What’s implemented: The code in this baseline reproduces the results from Table 1 in the paper which corresponds to experiments on Non-IID CIFAR dataset.

Datasets: The dataset in the experiment is a Non-IID CIFAR-10 dataset which is partitioned across 16 clients using a Dirichlet distribution with parameter alpha=0.1.

Hardware Setup: The experiment setting consists of 16 clients. The training is done on a single workstation consisting of 8 CPU cores, 32 GB of RAM and an Nvidia A100 GPU. The total GPU memory usage for the experiment is ~ 10 GB(1.1 GB per client + main process). Therefore effectively, 8 clients run in parallel in this setup using the default config. The total time for a single experiment in this setup is ~ 50 minutes. (or 30 seconds per communication round).
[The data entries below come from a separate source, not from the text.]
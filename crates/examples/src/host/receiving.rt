// Messages that are received.
ghost use Rattle.std.specs.Prelude.{IfOk};
ghost use Rattle.examples.specs.Tickets.{HasOpen, IsOpen};

use super::Host;
use super::holding::{clear, end};
use super::standing::{contexts_of, same_contexts};
use crate::compare::{is_unwritten, is_written, one_slot_is};
use crate::example::{End, Reply, Sending};
use crate::message::Message;
use crate::small_core::{REPLY, SENDING, UE};
use crate::tally::Tally;
use crate::tickets::{fail, take};
use codes::Refusal;
use directories::Directory;
use records::UeRecord;
use router::{Answer, Delivery, Ticket};
use std::alloc::AllocError;
use stores::Store;

// The payload of a message that was accepted.
fn payload_in(message: &[u8]) -> &[u8] {
    let [_, _, _, _, high, low, rest @ ..] = message else {
        return &[];
    };
    let length = u16::from_be_bytes([*high, *low]);
    rest.get(..usize::from(length)).unwrap_or(&[])
}

// Whether the message that goes back has the payload behind its header.
fn returns(output: &[u8], length: usize, payload: &[u8]) -> bool {
    let end = payload.len().saturating_add(6);
    length > end && output.get(6..end).is_some_and(|octets| octets == payload)
}

fn is_answer(answer: &Answer, reply: &Reply) -> bool {
    answer.number == reply.number
        && answer.old_session == reply.old_session
        && answer.request_type == reply.request_type
        && answer.verdict == reply.verdict
}

impl<'a, S: Store> Host<'a, S> {
    // What is sent, over an output that has nothing written yet.
    pub(super) fn receive_octets<D: Directory>(
        &mut self,
        directory: &mut D,
        sending: &Sending,
        message: &[u8],
    ) -> Result<Answer, Refusal>
        ensures { IfOk result (λ a. HasOpen self.new.router a.delivery) }
    {
        clear(self.output.as_mut_slice());
        let pool = sending.pool.min(self.pool.len());
        let output = sending.output.min(self.output.len());
        self.router.receive(
            sending.record,
            &self.controls,
            directory,
            &mut self.pool[..pool],
            &mut self.output[..output],
            message,
        )
    }

    // The payload stands in the pool, and nothing else was written.
    fn compare_placed(
        &self,
        tally: &mut Tally<'_>,
        before: &[u8],
        ticket: &Ticket,
        payload: &[u8],
    ) {
        let pool = self.pool.as_slice();
        let is_handed = match self.router.payload(pool, ticket) {
            Ok(octets) => octets == payload,
            Err(_) => false,
        };
        tally.compare("the payload that is handed out", is_handed);
        tally.compare("the pool", one_slot_is(pool, before, payload));
        tally.compare("an unwritten output", is_unwritten(self.output.as_slice()));
    }

    fn end_delivery(
        &mut self,
        tally: &mut Tally<'_>,
        before: &[u8],
        delivery: Delivery,
        octets: &[u8],
        how: End,
    )
        requires { HasOpen self.old.router delivery }
    {
        match delivery {
            Delivery::Forwarded(ticket) => {
                self.compare_placed(tally, before, &ticket, octets);
                end(
                    tally,
                    &mut self.router,
                    self.pool.as_slice(),
                    self.output.as_mut_slice(),
                    ticket,
                    how,
                );
            }
            Delivery::Returned { length } => {
                tally.compare("the length that goes back", length == octets.len());
                tally.compare(
                    "the octets that go back",
                    is_written(self.output.as_slice(), octets),
                );
                tally.compare("an unwritten pool", self.pool.as_slice() == before);
            }
        }
    }

    pub(super) fn receive<D: Directory>(
        &mut self,
        tally: &mut Tally<'_>,
        directory: &mut D,
        sending: &Sending,
        reply: &Reply,
        how: End,
    ) -> Result<(), AllocError> {
        let message = sending.message.octets(self.heap)?;
        let before = self.pool.as_slice().to_vec(self.heap)?;
        match self.receive_octets(directory, sending, message.as_slice()) {
            Ok(answer) => {
                tally.compare("the answer to a message", is_answer(&answer, reply));
                let Answer {
                    number: _,
                    old_session: _,
                    request_type: _,
                    verdict: _,
                    delivery,
                } = answer;
                self.end_delivery(tally, before.as_slice(), delivery, reply.octets, how);
            }
            Err(_) => tally.compare("accepting a message", false),
        }
        Ok(())
    }

    // The flight of a message that should have been refused is over.
    fn discard(&mut self, answer: Answer)
        requires { HasOpen self.old.router answer.delivery }
    {
        let Answer {
            number: _,
            old_session: _,
            request_type: _,
            verdict: _,
            delivery,
        } = answer;
        match delivery {
            Delivery::Forwarded(ticket) => take(&mut self.router, ticket),
            Delivery::Returned { length: _ } => {}
        }
    }

    // Nothing changes where a message is refused.
    pub(super) fn refuse<D: Directory>(
        &mut self,
        tally: &mut Tally<'_>,
        directory: &mut D,
        sending: &Sending,
        number: u8,
    ) -> Result<(), AllocError> {
        let message = sending.message.octets(self.heap)?;
        let before = self.pool.as_slice().to_vec(self.heap)?;
        let contexts = contexts_of(&self.router, sending.record.number);
        match self.receive_octets(directory, sending, message.as_slice()) {
            Ok(answer) => {
                tally.compare("refusing a message", false);
                self.discard(answer);
            }
            Err(refusal) => {
                tally.compare("the refusal of a message", u8::from(refusal) == number);
            }
        }
        tally.compare("an unwritten output", is_unwritten(self.output.as_slice()));
        tally.compare(
            "an unwritten pool",
            self.pool.as_slice() == before.as_slice(),
        );
        tally.compare(
            "the contexts after a refusal",
            same_contexts(&contexts, &contexts_of(&self.router, sending.record.number)),
        );
        Ok(())
    }

    pub(super) fn refuse_all<D: Directory>(
        &mut self,
        tally: &mut Tally<'_>,
        directory: &mut D,
        messages: &[Message],
        number: u8,
    ) -> Result<(), AllocError> {
        for message in messages {
            let sending = Sending {
                message: *message,
                ..SENDING
            };
            self.refuse(tally, directory, &sending, number)?;
        }
        Ok(())
    }

    // The payload of a message that is accepted is forwarded or goes back. Where it is forwarded, the
    // SMF does not take it, so that no context stays.
    fn end_accepted(
        &mut self,
        tally: &mut Tally<'_>,
        before: &[u8],
        delivery: Delivery,
        payload: &[u8],
    )
        requires { HasOpen self.old.router delivery }
    {
        match delivery {
            Delivery::Forwarded(ticket) => {
                self.compare_placed(tally, before, &ticket, payload);
                let pool = self.pool.as_slice();
                let output = self.output.as_mut_slice();
                let answer = fail(&mut self.router, pool, output, ticket);
                tally.compare(
                    "the payload of a failed flight",
                    answer.is_ok_and(|length| returns(output, length, payload)),
                );
            }
            Delivery::Returned { length } => tally.compare(
                "the payload that goes back",
                returns(self.output.as_slice(), length, payload),
            ),
        }
    }

    fn accept<D: Directory>(
        &mut self,
        tally: &mut Tally<'_>,
        directory: &mut D,
        message: &Message,
        expected: u32,
    ) -> Result<(), AllocError> {
        let octets = message.octets(self.heap)?;
        let before = self.pool.as_slice().to_vec(self.heap)?;
        match self.receive_octets(directory, &SENDING, octets.as_slice()) {
            Ok(
                Answer {
                    number,
                    old_session: _,
                    request_type: _,
                    verdict: _,
                    delivery,
                },
            ) => {
                tally.compare("the number of a message", number == expected);
                self.end_accepted(
                    tally,
                    before.as_slice(),
                    delivery,
                    payload_in(octets.as_slice()),
                );
            }
            Err(_) => tally.compare("accepting a message", false),
        }
        Ok(())
    }

    pub(super) fn accept_all<D: Directory>(
        &mut self,
        tally: &mut Tally<'_>,
        directory: &mut D,
        messages: &[Message],
        first: u32,
    ) -> Result<(), AllocError> {
        let mut number = first;
        for message in messages {
            self.accept(tally, directory, message, number)?;
            number = number.saturating_add(1);
        }
        Ok(())
    }

    // The sample message of so many UEs, from this one on.
    fn receive_many<D: Directory>(
        &mut self,
        tally: &mut Tally<'_>,
        directory: &mut D,
        first: u32,
        count: u32,
        number: u32,
        how: End,
    ) -> Result<(), AllocError> {
        for i in 0..count {
            let sending = Sending {
                record: UeRecord {
                    number: first.saturating_add(i),
                    ..UE
                },
                ..SENDING
            };
            let reply = Reply {
                number: number.saturating_add(i),
                ..REPLY
            };
            self.receive(tally, directory, &sending, &reply, how)?;
        }
        Ok(())
    }

    pub(super) fn establish<D: Directory>(
        &mut self,
        tally: &mut Tally<'_>,
        directory: &mut D,
        first: u32,
        count: u32,
        number: u32,
    ) -> Result<(), AllocError> {
        self.receive_many(tally, directory, first, count, number, End::Taken)
    }

    pub(super) fn fly<D: Directory>(
        &mut self,
        tally: &mut Tally<'_>,
        directory: &mut D,
        first: u32,
        count: u32,
        number: u32,
    ) -> Result<(), AllocError> {
        self.receive_many(tally, directory, first, count, number, End::Parked)
    }
}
In case of resource constraints, the experiment can be run with 4 clients in parallel by setting client_resources as follows: {num_cpus: 1, num_gpus: 0.25}. This uses ~ 5.4 GB of GPU memory and 4 CPU cores.

Contributors: Aasheesh Singh (Github: @ashdtu), MILA-Quebec AI Institute

Experimental Setup#

Task: The task is Image classification on CIFAR-10 dataset.

Model: The experiment uses the below configuration of VGG-11 model for the image classification task.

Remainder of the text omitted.